My final two questions were, “Would it be worth $3,500 for you to fix that problem?” (to which he answered an enthusiastic affirmative) and “When would you like to get started?” (to which he responded, “On Monday”). So I confidently, but softly said, “Good. Bring your cheque and we’ll get started on Monday. See you then.”
That was it. No fanfare, PowerPoint presentations, fancy brochures, or long-winded proposals. I told him nothing about my company, myself, or what I was proposing. So why did he buy?
First, we had already established a relationship. I met him a few months earlier at Kiwanis, which I was being encouraged to join. And I did, which demonstrated that I was community-minded, a hard worker, a giver not a taker, and willing to help. So while we had never talked business up to that point, we were acquainted as fellow service club members.
Second, he had a rough idea of what I did for clients, but not a clear picture. I didn’t try to push myself on him or any other member of the club, but I was there if he wanted to learn more. When he raised a point of dissatisfaction about his current position, I suggested we grab a coffee and talk about it.
Third, when we got together in his office, I started with questions. I am curious and one question naturally led to another and another.

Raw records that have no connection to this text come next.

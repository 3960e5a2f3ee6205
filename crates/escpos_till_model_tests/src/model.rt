//! A till in the world where everything may fail: a whole delivery, one happening after another, a crash between each two of them, a store
//! that fails, and links that end.

use crate::support::{
    DELIVERY, Plain, TAKEN, all_happen, happening, happens, number, stand, till_at_last, was_told,
};
use escpos_host::SendFault;
use escpos_io::MemoryOut;
use escpos_paper::write_items;
use escpos_till::{ReceiptState, StoreFault, TillNote, TillRefusal};
use escpos_till_model::{Happening, NotPossible, Till};
use std::alloc::Global;
use std::process::Abort;

const RECORDED: [ReceiptState; 1] = [ReceiptState::Recorded { place: 0 }];

// S stands once on the paper, or twice.
const ONCE: &[u8] = b"row left Hi\nfeed 1\n";

const TWICE: &[u8] = b"row left Hi\nfeed 1\nrow left Hi\nfeed 1\n";

fn prints(rt: &impl Abort, till: &Till, text: &[u8]) {
    let mut room = [0; 64];
    let mut output = MemoryOut::new(&mut room);
    assert!(rt; write_items(till.paper(), &mut output).is_ok());
    assert!(rt; output.written() == text);
}

// S is taken and delivered.
fn whole(at: usize) -> Plain {
    match TAKEN.get(at) {
        Some(plain) => *plain,
        None => match DELIVERY.get(at.saturating_sub(4)) {
            Some(plain) => *plain,
            None => Plain::Crash,
        },
    }
}

const WHOLE: usize = 22;

fn events_of(rt: &impl Abort, alloc: Global) -> Vec<Happening> {
    let mut events = Vec::new(alloc);
    for at in 0..WHOLE {
        let _ = events.push(happening(rt, alloc, whole(at)));
    }
    events
}

fn run(till: &mut Till, events: Vec<Happening>) {
    till.run(events);
}

// What is checked of a till that was just made.
#[derive(Clone, Copy)]
enum Check {
    DeliveredAsAList,
    CrashesAfter(usize),
    StoreFailsWith,
    StoreFailsWithout,
    NoLink,
    LinkEnds,
    LinkBreaks,
    AnsweredLate,
    GoesFurther,
    FailsFurther,
    OneByOne,
    EndsFurther,
    Cancelled,
    Keyed,
    NotPossible,
}

fn check_till(rt: &impl Abort, alloc: Global, till: &mut Till, check: Check) {
    match check {
        Check::DeliveredAsAList => is_delivered_as_a_list(rt, alloc, till),
        Check::CrashesAfter(count) => crashes_after(rt, alloc, till, count),
        Check::StoreFailsWith => store_fails_with(rt, alloc, till),
        Check::StoreFailsWithout => store_fails_without(rt, alloc, till),
        Check::NoLink => has_no_link(rt, alloc, till),
        Check::LinkEnds => link_ends(rt, alloc, till),
        Check::LinkBreaks => link_breaks(rt, alloc, till),
        Check::AnsweredLate => is_answered_late(rt, alloc, till),
        Check::GoesFurther => both_go(rt, alloc, till),
        Check::FailsFurther => store_has_both(rt, alloc, till),
        Check::OneByOne => keeps_one_by_one(rt, alloc, till),
        Check::EndsFurther => second_waits(rt, alloc, till),
        Check::Cancelled => is_cancelled(rt, alloc, till),
        Check::Keyed => key_is_known(rt, alloc, till),
        Check::NotPossible => refuses_happenings(rt, alloc, till),
    }
}

// No other function here owns a till.
fn on_till(rt: &impl Abort, alloc: Global, check: Check) {
    let mut till = till_at_last(rt, alloc);
    check_till(rt, alloc, &mut till, check);
}

fn is_delivered_as_a_list(rt: &impl Abort, alloc: Global, till: &mut Till) {
    run(till, events_of(rt, alloc));
    stand(rt, till, &RECORDED);
    prints(rt, till, ONCE);
    assert!(rt;
        till.told()
            == [
                TillNote::Queued(number(rt, 1)),
                TillNote::Recorded(number(rt, 1))
            ]
            .as_slice()
    );
    assert!(rt; till.entries().len() == 3);
}

#[test]
fn delivered_as_a_list(rt: HostRuntime) {
    on_till(&rt, rt.alloc(), Check::DeliveredAsAList);
}

// Whether the first receipt is recorded; None if there is none.
fn is_recorded(till: &Till) -> Option<bool> {
    match till.machine() {
        Some(machine) => match machine.states() {
            [] => None,
            states => Some(states == RECORDED.as_slice()),
        },
        None => None,
    }
}

// The till is switched off and on, and so is the printer; then it goes on with what isn't done.
fn goes_on(rt: &impl Abort, alloc: Global, till: &mut Till) {
    all_happen(
        rt,
        alloc,
        till,
        &[Plain::Crash, Plain::Start, Plain::Restart],
    );
    if is_recorded(till).is_none() {
        all_happen(rt, alloc, till, &TAKEN[1..]);
    }
    if is_recorded(till) == Some(false) {
        all_happen(rt, alloc, till, &DELIVERY);
        was_told(rt, till, TillNote::Recorded(number(rt, 1)));
    }
    assert!(rt;
        happens(rt, alloc, till, Plain::Deliver)
            == Err(NotPossible::Machine(TillRefusal::NothingWaits))
    );
    stand(rt, till, &RECORDED);
}

// The paper after a crash that came after so many happenings: S is printed again where the printer had it, and that wasn't kept.
fn paper_of(count: usize) -> &'static [u8] {
    match count {
        15..=19 => TWICE,
        _ => ONCE,
    }
}

fn crashes_after(rt: &impl Abort, alloc: Global, till: &mut Till, count: usize) {
    for at in 0..count {
        all_happen(rt, alloc, till, &[whole(at)]);
    }
    goes_on(rt, alloc, till);
    prints(rt, till, paper_of(count));
}

#[test]
fn crashes(rt: HostRuntime) {
    for count in 0..=WHOLE {
        on_till(&rt, rt.alloc(), Check::CrashesAfter(count));
    }
}

// So many happenings come, and then these. The owner is told this last.
fn ends_so(
    rt: &impl Abort,
    alloc: Global,
    till: &mut Till,
    count: usize,
    others: &[Plain],
    note: TillNote,
) {
    for at in 0..count {
        all_happen(rt, alloc, till, &[whole(at)]);
    }
    all_happen(rt, alloc, till, others);
    was_told(rt, till, note);
    goes_on(rt, alloc, till);
}

fn store_fails_with(rt: &impl Abort, alloc: Global, till: &mut Till) {
    ends_so(
        rt,
        alloc,
        till,
        19,
        &[Plain::FailWith, Plain::HangUp, Plain::Tell],
        TillNote::NotKept(StoreFault::Failed),
    );
    prints(rt, till, ONCE);
}

fn store_fails_without(rt: &impl Abort, alloc: Global, till: &mut Till) {
    ends_so(
        rt,
        alloc,
        till,
        19,
        &[Plain::FailWithout, Plain::HangUp, Plain::Tell],
        TillNote::NotKept(StoreFault::Failed),
    );
    prints(rt, till, TWICE);
}

// The store fails as the receipt is to be recorded, with the entry or without it.
#[test]
fn store_fails(rt: HostRuntime) {
    on_till(&rt, rt.alloc(), Check::StoreFailsWith);
    on_till(&rt, rt.alloc(), Check::StoreFailsWithout);
}

fn has_no_link(rt: &impl Abort, alloc: Global, till: &mut Till) {
    ends_so(
        rt,
        alloc,
        till,
        5,
        &[Plain::Idle, Plain::Miss, Plain::Tell],
        TillNote::NoLink(number(rt, 1)),
    );
    prints(rt, till, ONCE);
}

fn link_ends(rt: &impl Abort, alloc: Global, till: &mut Till) {
    let ended = TillNote::Waiting {
        number: number(rt, 1),
        why: SendFault::Ended,
    };
    ends_so(
        rt,
        alloc,
        till,
        15,
        &[Plain::End, Plain::HangUp, Plain::Tell],
        ended,
    );
    prints(rt, till, TWICE);
}

fn link_breaks(rt: &impl Abort, alloc: Global, till: &mut Till) {
    let broken = TillNote::Waiting {
        number: number(rt, 1),
        why: SendFault::WriteFault,
    };
    ends_so(
        rt,
        alloc,
        till,
        13,
        &[
            Plain::Break,
            Plain::HangUp,
            Plain::Tell,
            Plain::Feed,
            Plain::Leave,
        ],
        broken,
    );
    prints(rt, till, ONCE);
}

// There is no link; the link ends before the answer; it ends as the receipt is put.
#[test]
fn links_end(rt: HostRuntime) {
    on_till(&rt, rt.alloc(), Check::NoLink);
    on_till(&rt, rt.alloc(), Check::LinkEnds);
    on_till(&rt, rt.alloc(), Check::LinkBreaks);
}

fn is_answered_late(rt: &impl Abort, alloc: Global, till: &mut Till) {
    for at in 0..14 {
        all_happen(rt, alloc, till, &[whole(at)]);
    }
    all_happen(rt, alloc, till, &[Plain::End, Plain::HangUp, Plain::Tell]);
    stand(rt, till, &[ReceiptState::Waiting { tried: 1 }]);
    prints(rt, till, b"");
    all_happen(rt, alloc, till, &DELIVERY[..4]);
    all_happen(
        rt,
        alloc,
        till,
        &[
            Plain::Feed,
            Plain::Leave,
            Plain::HandOver,
            Plain::Hear,
            Plain::HandOver,
            Plain::Hear,
        ],
    );
    all_happen(rt, alloc, till, &[Plain::Keep, Plain::HangUp, Plain::Tell]);
    was_told(rt, till, TillNote::Recorded(number(rt, 1)));
    goes_on(rt, alloc, till);
    prints(rt, till, ONCE);
}

// The link ends with S on it, and the printer prints S after that. Its answer comes on the next link, before that one's opening mark
// is answered: S is recorded, and isn't sent again.
#[test]
fn answered_late(rt: HostRuntime) {
    on_till(&rt, rt.alloc(), Check::AnsweredLate);
}

// What happens over a link once it is to be kept that a receipt is recorded and the next one is tried.
const FURTHER: [Plain; 12] = [
    Plain::Keep,
    Plain::Keep,
    Plain::News,
    Plain::Put,
    Plain::Feed,
    Plain::HandOver,
    Plain::Hear,
    Plain::HandOver,
    Plain::Hear,
    Plain::Keep,
    Plain::HangUp,
    Plain::Tell,
];

// Two receipts are taken, and the first is printed: it is to be kept that it is recorded, and that the second one is tried.
fn first_is_printed(rt: &impl Abort, alloc: Global, till: &mut Till) {
    all_happen(rt, alloc, till, &TAKEN);
    all_happen(rt, alloc, till, &TAKEN[1..]);
    all_happen(rt, alloc, till, &[Plain::DeliverAll]);
    all_happen(rt, alloc, till, &DELIVERY[1..15]);
    prints(rt, till, ONCE);
}

fn both_go(rt: &impl Abort, alloc: Global, till: &mut Till) {
    let (first, second) = (number(rt, 1), number(rt, 2));
    first_is_printed(rt, alloc, till);
    all_happen(rt, alloc, till, &FURTHER);
    prints(rt, till, TWICE);
    stand(
        rt,
        till,
        &[
            ReceiptState::Recorded { place: 0 },
            ReceiptState::Recorded { place: 1 },
        ],
    );
    // that the first one is recorded is news, and no note of what came of a call
    assert!(rt;
        till.told()
            == [
                TillNote::Queued(first),
                TillNote::Queued(second),
                TillNote::Recorded(second),
            ]
            .as_slice()
    );
    assert!(rt; till.entries().len() == 6);
}

// Both go over one link, and the second one isn't asked for an opening mark.
#[test]
fn goes_further(rt: HostRuntime) {
    on_till(&rt, rt.alloc(), Check::GoesFurther);
}

fn store_has_both(rt: &impl Abort, alloc: Global, till: &mut Till) {
    let second = number(rt, 2);
    first_is_printed(rt, alloc, till);
    all_happen(
        rt,
        alloc,
        till,
        &[
            Plain::Keep,
            Plain::FailWith,
            Plain::HangUp,
            Plain::Tell,
            Plain::Crash,
            Plain::Start,
            Plain::Restart,
        ],
    );
    stand(
        rt,
        till,
        &[
            ReceiptState::Recorded { place: 0 },
            ReceiptState::Waiting { tried: 1 },
        ],
    );
    all_happen(rt, alloc, till, &DELIVERY);
    was_told(rt, till, TillNote::Recorded(second));
    prints(rt, till, TWICE);
}

// The store fails, and has both entries: the second receipt was tried, and nothing of it was sent.
#[test]
fn fails_further(rt: HostRuntime) {
    on_till(&rt, rt.alloc(), Check::FailsFurther);
}

fn keeps_one_by_one(rt: &impl Abort, alloc: Global, till: &mut Till) {
    first_is_printed(rt, alloc, till);
    let entries = till.entries().len();
    assert!(rt; happens(rt, alloc, till, Plain::FailWithBoth) == Err(NotPossible::OneByOne));
    assert!(rt; till.entries().len() == entries);
}

// A `Till` keeps one entry after the other.
#[test]
fn one_by_one(rt: HostRuntime) {
    on_till(&rt, rt.alloc(), Check::OneByOne);
}

fn second_waits(rt: &impl Abort, alloc: Global, till: &mut Till) {
    let second = number(rt, 2);
    first_is_printed(rt, alloc, till);
    all_happen(rt, alloc, till, &FURTHER[..4]);
    all_happen(rt, alloc, till, &[Plain::End, Plain::HangUp, Plain::Tell]);
    stand(
        rt,
        till,
        &[
            ReceiptState::Recorded { place: 0 },
            ReceiptState::Waiting { tried: 1 },
        ],
    );
    was_told(
        rt,
        till,
        TillNote::Waiting {
            number: second,
            why: SendFault::Ended,
        },
    );
}

// The link ends while the second receipt is on it: the first one stays recorded, and the second one waits.
#[test]
fn ends_further(rt: HostRuntime) {
    on_till(&rt, rt.alloc(), Check::EndsFurther);
}

fn is_cancelled(rt: &impl Abort, alloc: Global, till: &mut Till) {
    let first = number(rt, 1);
    for at in 0..15 {
        all_happen(rt, alloc, till, &[whole(at)]);
    }
    all_happen(rt, alloc, till, &[Plain::End, Plain::HangUp, Plain::Tell]);
    all_happen(rt, alloc, till, &[Plain::Cancel, Plain::Keep, Plain::Tell]);
    let note = TillNote::Cancelled {
        number: first,
        tried: 1,
    };
    was_told(rt, till, note);
    is_refused(
        rt,
        alloc,
        till,
        Plain::Deliver,
        NotPossible::Machine(TillRefusal::NothingWaits),
    );
    is_refused(
        rt,
        alloc,
        till,
        Plain::Cancel,
        NotPossible::Machine(TillRefusal::Cancelled(first)),
    );
    stand(rt, till, &[ReceiptState::Cancelled { tried: 1 }]);
    prints(rt, till, ONCE);
}

// S is tried and cancelled: it isn't sent again, and the answer that comes then counts for nothing.
#[test]
fn cancelled(rt: HostRuntime) {
    on_till(&rt, rt.alloc(), Check::Cancelled);
}

fn key_is_known(rt: &impl Abort, alloc: Global, till: &mut Till) {
    let first = number(rt, 1);
    all_happen(
        rt,
        alloc,
        till,
        &[
            Plain::Start,
            Plain::Keyed,
            Plain::Keep,
            Plain::Crash,
            Plain::Start,
        ],
    );
    stand(rt, till, &[]);
    all_happen(
        rt,
        alloc,
        till,
        &[Plain::Keyed, Plain::Keep, Plain::Keep, Plain::Tell],
    );
    was_told(rt, till, TillNote::Queued(first));
    all_happen(rt, alloc, till, &[Plain::Keyed]);
    is_refused(rt, alloc, till, Plain::Keep, NotPossible::NotAsked);
    all_happen(rt, alloc, till, &[Plain::Tell]);
    was_told(rt, till, TillNote::Queued(first));
    stand(rt, till, &[ReceiptState::Waiting { tried: 0 }]);
    assert!(rt; till.entries().len() == 3);
}

// A crash comes between a key and its receipt: the key is void, and comes again. Then it is known, and nothing is to be kept.
#[test]
fn keyed(rt: HostRuntime) {
    on_till(&rt, rt.alloc(), Check::Keyed);
}

fn is_refused(rt: &impl Abort, alloc: Global, till: &mut Till, plain: Plain, why: NotPossible) {
    assert!(rt; happens(rt, alloc, till, plain) == Err(why));
}

fn refuses_happenings(rt: &impl Abort, alloc: Global, till: &mut Till) {
    is_refused(rt, alloc, till, Plain::Raise, NotPossible::SwitchedOff);
    all_happen(rt, alloc, till, &[Plain::Start, Plain::Raise]);
    is_refused(rt, alloc, till, Plain::Start, NotPossible::SwitchedOn);
    is_refused(rt, alloc, till, Plain::Hear, NotPossible::NotAsked);
    is_refused(
        rt,
        alloc,
        till,
        Plain::Raise,
        NotPossible::Machine(TillRefusal::Busy),
    );
    all_happen(
        rt,
        alloc,
        till,
        &[Plain::Refuse, Plain::Close, Plain::Keep, Plain::Tell],
    );
    all_happen(rt, alloc, till, &TAKEN[1..]);
    all_happen(rt, alloc, till, &DELIVERY[..3]);
    is_refused(rt, alloc, till, Plain::Idle, NotPossible::Linked);
}

#[test]
fn not_possible(rt: HostRuntime) {
    on_till(&rt, rt.alloc(), Check::NotPossible);
}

After 90 minutes of empathetically listening to his issues, his concerns, and his genuine desire to make his situation better, I asked my final questions.
My actions, interest, questions and ability to empathise built his confidence in me and my ability to help him. He revealed his confidence and trust through his body language, so asking him to move forward was a natural step.
It was a relatively small sale, but it remains one of my most memorable. It’s a reminder that questions are more powerful than statements; and, good questions let your customer know that you know your stuff. Good questions build confidence.